→ **RECORDS FOR THE EXERCISE**:
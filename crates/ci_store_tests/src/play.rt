//! A store on which the steps of a table are played.
ghost use Rattle.std.specs.Prelude.{◌≡◌, ◌≤◌, ◌<◌, ◌^◌, Some, IsTrue, length};
ghost use Rattle.ci_base.specs.declared.bounds.TheConstants.{MOST_TASKS};
ghost use Rattle.ci_shared.specs.Laws.{IsFormed, gained};
ghost use Rattle.ci_shared.specs.Roster.{Ready, standing_at};
ghost use Rattle.ci_shared.specs.Started.{Basis};
ghost use Rattle.ci_store_tests.specs.Cells.{HasCells};

use crate::project::project;
use crate::shown::Shown;
use crate::steps::{Ask, Step, Tell, event, request, text};
use ci_base::{Event, EventKind, EventReply, Reply, Request, Status};
use ci_shared::laws::{ask_clock, script_clock};
use ci_shared::words::whole;
use ci_store::Store;
use std::alloc::Global;
use std::marker::Model;
use std::process::Abort;
use std::test::Fail;

/// What a row does, and what is told of it: the reply, who is started, and who is answered.
pub type Row = (Step, &'static str);

/// The names of functions of no, one and two parameters of both kinds, with defaults and without.
static NAMES: [&str; 5] = ["F", "Main", "Two", "All", "Late"];

/// A store of the project of the tests, and its clock.
#[derive(Drop)]
pub struct Play {
    store: Store,
    clock: u64,
}

impl Model for Play {
    ghost use Rattle.std.specs.Prelude.{◌≡◌};
    ghost use Rattle.ci_store.specs.Stored.{Stored};
    ghost use Rattle.ci_store_tests.specs.Cells.{HasCells};

    ghost Value = { Stored };

    ghost view = { λ play. play.store };

    ghost invariant = { λ play. HasCells play.store.basis.kinds × (play.store.shared.clock ≡ play.clock) };
}

impl Play {
    /// The beginning of a run, with so many cells besides three.
    pub fn new(alloc: Global, others: usize) -> Result<Play, Fail> {
        let layout = project(alloc, others)?;
        match Store::start(alloc, &layout) {
            Ok(store) => Ok(Play { store, clock: 0 }),
            Err(_) => Err(Fail::from("no memory")),
        }
    }

    /// What is told of a step.
    pub fn told(&mut self, step: Step) -> Shown {
        match step {
            Step::By(task, ask) => self.told_by(task, ask),
            Step::Script(tell) => self.told_script(tell),
            Step::Tasks => self.tasks(),
            Step::Owner(name) => self.owner(name),
            Step::Starts(times) => self.starts(times),
            Step::Follows(first, end) => self.follows(first, end),
            Step::Again(times, tell) => self.again(times, tell),
            Step::Misfits(list) => self.misfits(list),
        }
    }

    fn told_by(&mut self, task: u32, ask: Ask) -> Shown {
        let mut out = Shown::new();
        match self.serve(task, &request(ask)) {
            Some(reply) => {
                out.reply(&reply);
                self.put_others(&mut out);
            }
            None => out.put("can't ask"),
        }
        out
    }

    fn told_script(&mut self, tell: Tell) -> Shown {
        let mut out = Shown::new();
        match self.happen(event(tell)) {
            Some(reply) => {
                out.event_reply(reply);
                self.put_others(&mut out);
            }
            None => out.put("too late"),
        }
        out
    }

    // Who was started, and who was answered.
    fn put_others(&self, out: &mut Shown) {
        if let Some(birth) = self.store.birth() {
            out.birth(birth);
        }
        for delivery in self.store.deliveries() {
            out.delivery(delivery);
        }
    }

    /// The reply to the task, if it can ask.
    pub fn serve(&mut self, task: u32, request: &Request) -> Option<Reply>
        requires { (b : Basis) → HasCells b.kinds → IsFormed b request.now }
    {
        if !self.is_ready(task) {
            return None;
        }
        ask_clock();
        Some(self.store.serve(task, request))
    }

    fn is_ready(&self, task: u32) -> bool
        ensures { IsTrue result → standing_at self.now.shared.roster task ≡ Some Ready }
    {
        if task == 0 || task > self.store.started() {
            return false;
        }
        match self.store.status(task) {
            Status::Ready => true,
            Status::Waits => false,
            Status::Ended(_) => false,
            Status::Killed => false,
        }
    }

    // The reply to the script, if the clock can still gain.
    fn happen(&mut self, what: EventKind) -> Option<EventReply> {
        if self.clock >= 1_000_000_000_000_000_000 {
            return None;
        }
        let gain = gain(&what);
        script_clock();
        let reply = self.store.event(&Event { soon: false, what });
        self.clock += gain;
        Some(reply)
    }

    // How each task stands, and which are live.
    fn tasks(&self) -> Shown {
        let mut out = Shown::new();
        for at in 0..self.store.started() {
            let task = at + 1;
            out.number(i64::from(task));
            out.put(" ");
            out.status(self.store.status(task));
            if let Some(place) = self.store.place(task) {
                out.place(&place);
            }
            if self.store.is_suspended(task) {
                out.put(" suspended");
            }
            out.put(", ");
        }
        out.put("live");
        for task in self.store.live() {
            out.put(" ");
            out.number(i64::from(*task));
        }
        out
    }

    fn owner(&self, name: &str) -> Shown {
        let mut out = Shown::new();
        match self.store.owner(&text(name)) {
            Some(task) => out.number(i64::from(task)),
            None => out.put("nobody"),
        }
        out
    }

    fn starts(&mut self, times: i32) -> Shown {
        let mut right: u32 = 0;
        for _ in 0..times {
            right = right.saturating_add(u32::from(self.starts_next()));
        }
        count(right)
    }

    fn follows(&mut self, first: i32, end: i32) -> Shown {
        let mut right: u32 = 0;
        for task in first..end {
            right = right.saturating_add(u32::from(self.replaces(task)));
        }
        count(right)
    }

    fn again(&mut self, times: i32, tell: Tell) -> Shown {
        let mut right: u32 = 0;
        for _ in 0..times {
            right = right.saturating_add(u32::from(self.is_told(tell, "0 0")));
        }
        count(right)
    }

    fn misfits(&mut self, list: &'static str) -> Shown {
        let mut right: u32 = 0;
        for name in NAMES.iter() {
            right = right.saturating_add(u32::from(self.is_told(Tell::Run(*name, list), "-1 10")));
        }
        count(right)
    }

    // Whether this is told of the event.
    fn is_told(&mut self, tell: Tell, want: &str) -> bool {
        let told = self.told_script(tell);
        told.as_str() == want
    }

    // Whether a start from `Main` gets the next number.
    fn starts_next(&mut self) -> bool {
        let mut want = Shown::new();
        want.start(i64::from(self.store.started()) + 1);
        self.is_told(Tell::Run("Main", ""), want.as_str())
    }

    // Whether the task is killed, and a start from `Main` gets the next number.
    fn replaces(&mut self, task: i32) -> bool {
        self.is_told(Tell::Kill(task), "0 0") && self.starts_next()
    }
}

fn count(n: u32) -> Shown {
    let mut out = Shown::new();
    out.number(i64::from(n));
    out
}

// By how much an event moves the clock.
fn gain(what: &EventKind) -> u64
    ensures exact { result ≡ gained what.now }
    ensures within { result < 2 ^ 32 }
{
    match what {
        EventKind::Tick { ms } => u64::from(whole(*ms)),
        _ => 0,
    }
}

/// The step is told so; the number of its row is there for the message.
fn tells(rt: &impl Abort, play: &mut Play, at: usize, step: Step, want: &str) {
    let told = play.told(step);
    assert_eq!(rt; told.as_str(), want, "row {at}");
}

/// Each row is told as it says. First so many tasks are started from `Main`.
pub fn follow(rt: &impl Abort, alloc: Global, tasks: i32, rows: &[Row]) -> Result<(), Fail> {
    let mut play = Play::new(alloc, 0)?;
    let _started = play.told(Step::Starts(tasks));
    for (at, (step, want)) in rows.iter().enumerate() {
        tells(rt, &mut play, at, *step, want);
    }
    Ok(())
}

→ **TASK INSTRUCTIONS**:
Please give back all of the material above exactly as it was written.

→ **REPLY TO THE TASK**:
filename crates/ci_store_tests/src/play.rt
//! A store on which the steps of a table are played.
ghost use Rattle.std.specs.Prelude.{◌≡◌, ◌≤◌, ◌<◌, ◌^◌, Some, IsTrue, length};
ghost use Rattle.ci_base.specs.declared.bounds.TheConstants.{MOST_TASKS};
ghost use Rattle.ci_shared.specs.Laws.{IsFormed, gained};
ghost use Rattle.ci_shared.specs.Roster.{Ready, standing_at};
ghost use Rattle.ci_shared.specs.Started.{Basis};
ghost use Rattle.ci_store_tests.specs.Cells.{HasCells};

use crate::project::project;
use crate::shown::Shown;
use crate::steps::{Ask, Step, Tell, event, request, text};
use ci_base::{Event, EventKind, EventReply, Reply, Request, Status};
use ci_shared::laws::{ask_clock, script_clock};
use ci_shared::words::whole;
use ci_store::Store;
use std::alloc::Global;
use std::marker::Model;
use std::process::Abort;
use std::test::Fail;

/// What a row does, and what is told of it: the reply, who is started, and who is answered.
pub type Row = (Step, &'static str);

/// The names of functions of no, one and two parameters of both kinds, with defaults and without.
static NAMES: [&str; 5] = ["F", "Main", "Two", "All", "Late"];

/// A store of the project of the tests, and its clock.
#[derive(Drop)]
pub struct Play {
    store: Store,
    clock: u64,
}

impl Model for Play {
    ghost use Rattle.std.specs.Prelude.{◌≡◌};
    ghost use Rattle.ci_store.specs.Stored.{Stored};
    ghost use Rattle.ci_store_tests.specs.Cells.{HasCells};

    ghost Value = { Stored };

    ghost view = { λ play. play.store };

    ghost invariant = { λ play. HasCells play.store.basis.kinds × (play.store.shared.clock ≡ play.clock) };
}

impl Play {
    /// The beginning of a run, with so many cells besides three.
    pub fn new(alloc: Global, others: usize) -> Result<Play, Fail> {
        let layout = project(alloc, others)?;
        match Store::start(alloc, &layout) {
            Ok(store) => Ok(Play { store, clock: 0 }),
            Err(_) => Err(Fail::from("no memory")),
        }
    }

    /// What is told of a step.
    pub fn told(&mut self, step: Step) -> Shown {
        match step {
            Step::By(task, ask) => self.told_by(task, ask),
            Step::Script(tell) => self.told_script(tell),
            Step::Tasks => self.tasks(),
            Step::Owner(name) => self.owner(name),
            Step::Starts(times) => self.starts(times),
            Step::Follows(first, end) => self.follows(first, end),
            Step::Again(times, tell) => self.again(times, tell),
            Step::Misfits(list) => self.misfits(list),
        }
    }

    fn told_by(&mut self, task: u32, ask: Ask) -> Shown {
        let mut out = Shown::new();
        match self.serve(task, &request(ask)) {
            Some(reply) => {
                out.reply(&reply);
                self.put_others(&mut out);
            }
            None => out.put("can't ask"),
        }
        out
    }

    fn told_script(&mut self, tell: Tell) -> Shown {
        let mut out = Shown::new();
        match self.happen(event(tell)) {
            Some(reply) => {
                out.event_reply(reply);
                self.put_others(&mut out);
            }
            None => out.put("too late"),
        }
        out
    }

    // Who was started, and who was answered.
    fn put_others(&self, out: &mut Shown) {
        if let Some(birth) = self.store.birth() {
            out.birth(birth);
        }
        for delivery in self.store.deliveries() {
            out.delivery(delivery);
        }
    }

    /// The reply to the task, if it can ask.
    pub fn serve(&mut self, task: u32, request: &Request) -> Option<Reply>
        requires { (b : Basis) → HasCells b.kinds → IsFormed b request.now }
    {
        if !self.is_ready(task) {
            return None;
        }
        ask_clock();
        Some(self.store.serve(task, request))
    }

    fn is_ready(&self, task: u32) -> bool
        ensures { IsTrue result → standing_at self.now.shared.roster task ≡ Some Ready }
    {
        if task == 0 || task > self.store.started() {
            return false;
        }
        match self.store.status(task) {
            Status::Ready => true,
            Status::Waits => false,
            Status::Ended(_) => false,
            Status::Killed => false,
        }
    }

    // The reply to the script, if the clock can still gain.
    fn happen(&mut self, what: EventKind) -> Option<EventReply> {
        if self.clock >= 1_000_000_000_000_000_000 {
            return None;
        }
        let gain = gain(&what);
        script_clock();
        let reply = self.store.event(&Event { soon: false, what });
        self.clock += gain;
        Some(reply)
    }

    // How each task stands, and which are live.
    fn tasks(&self) -> Shown {
        let mut out = Shown::new();
        for at in 0..self.store.started() {
            let task = at + 1;
            out.number(i64::from(task));
            out.put(" ");
            out.status(self.store.status(task));
            if let Some(place) = self.store.place(task) {
                out.place(&place);
            }
            if self.store.is_suspended(task) {
                out.put(" suspended");
            }
            out.put(", ");
        }
        out.put("live");
        for task in self.store.live() {
            out.put(" ");
            out.number(i64::from(*task));
        }
        out
    }

    fn owner(&self, name: &str) -> Shown {
        let mut out = Shown::new();
        match self.store.owner(&text(name)) {
            Some(task) => out.number(i64::from(task)),
            None => out.put("nobody"),
        }
        out
    }

    fn starts(&mut self, times: i32) -> Shown {
        let mut right: u32 = 0;
        for _ in 0..times {
            right = right.saturating_add(u32::from(self.starts_next()));
        }
        count(right)
    }

    fn follows(&mut self, first: i32, end: i32) -> Shown {
        let mut right: u32 = 0;
        for task in first..end {
            right = right.saturating_add(u32::from(self.replaces(task)));
        }
        count(right)
    }

    fn again(&mut self, times: i32, tell: Tell) -> Shown {
        let mut right: u32 = 0;
        for _ in 0..times {
            right = right.saturating_add(u32::from(self.is_told(tell, "0 0")));
        }
        count(right)
    }

    fn misfits(&mut self, list: &'static str) -> Shown {
        let mut right: u32 = 0;
        for name in NAMES.iter() {
            right = right.saturating_add(u32::from(self.is_told(Tell::Run(*name, list), "-1 10")));
        }
        count(right)
    }

    // Whether this is told of the event.
    fn is_told(&mut self, tell: Tell, want: &str) -> bool {
        let told = self.told_script(tell);
        told.as_str() == want
    }

    // Whether a start from `Main` gets the next number.
    fn starts_next(&mut self) -> bool {
        let mut want = Shown::new();
        want.start(i64::from(self.store.started()) + 1);
        self.is_told(Tell::Run("Main", ""), want.as_str())
    }

    // Whether the task is killed, and a start from `Main` gets the next number.
    fn replaces(&mut self, task: i32) -> bool {
        self.is_told(Tell::Kill(task), "0 0") && self.starts_next()
    }
}

fn count(n: u32) -> Shown {
    let mut out = Shown::new();
    out.number(i64::from(n));
    out
}

// By how much an event moves the clock.
fn gain(what: &EventKind) -> u64
    ensures exact { result ≡ gained what.now }
    ensures within { result < 2 ^ 32 }
{
    match what {
        EventKind::Tick { ms } => u64::from(whole(*ms)),
        _ => 0,
    }
}

/// The step is told so; the number of its row is there for the message.
fn tells(rt: &impl Abort, play: &mut Play, at: usize, step: Step, want: &str) {
    let told = play.told(step);
    assert_eq!(rt; told.as_str(), want, "row {at}");
}

/// Each row is told as it says. First so many tasks are started from `Main`.
pub fn follow(rt: &impl Abort, alloc: Global, tasks: i32, rows: &[Row]) -> Result<(), Fail> {
    let mut play = Play::new(alloc, 0)?;
    let _started = play.told(Step::Starts(tasks));
    for (at, (step, want)) in rows.iter().enumerate() {
        tells(rt, &mut play, at, *step, want);
    }
    Ok(())
}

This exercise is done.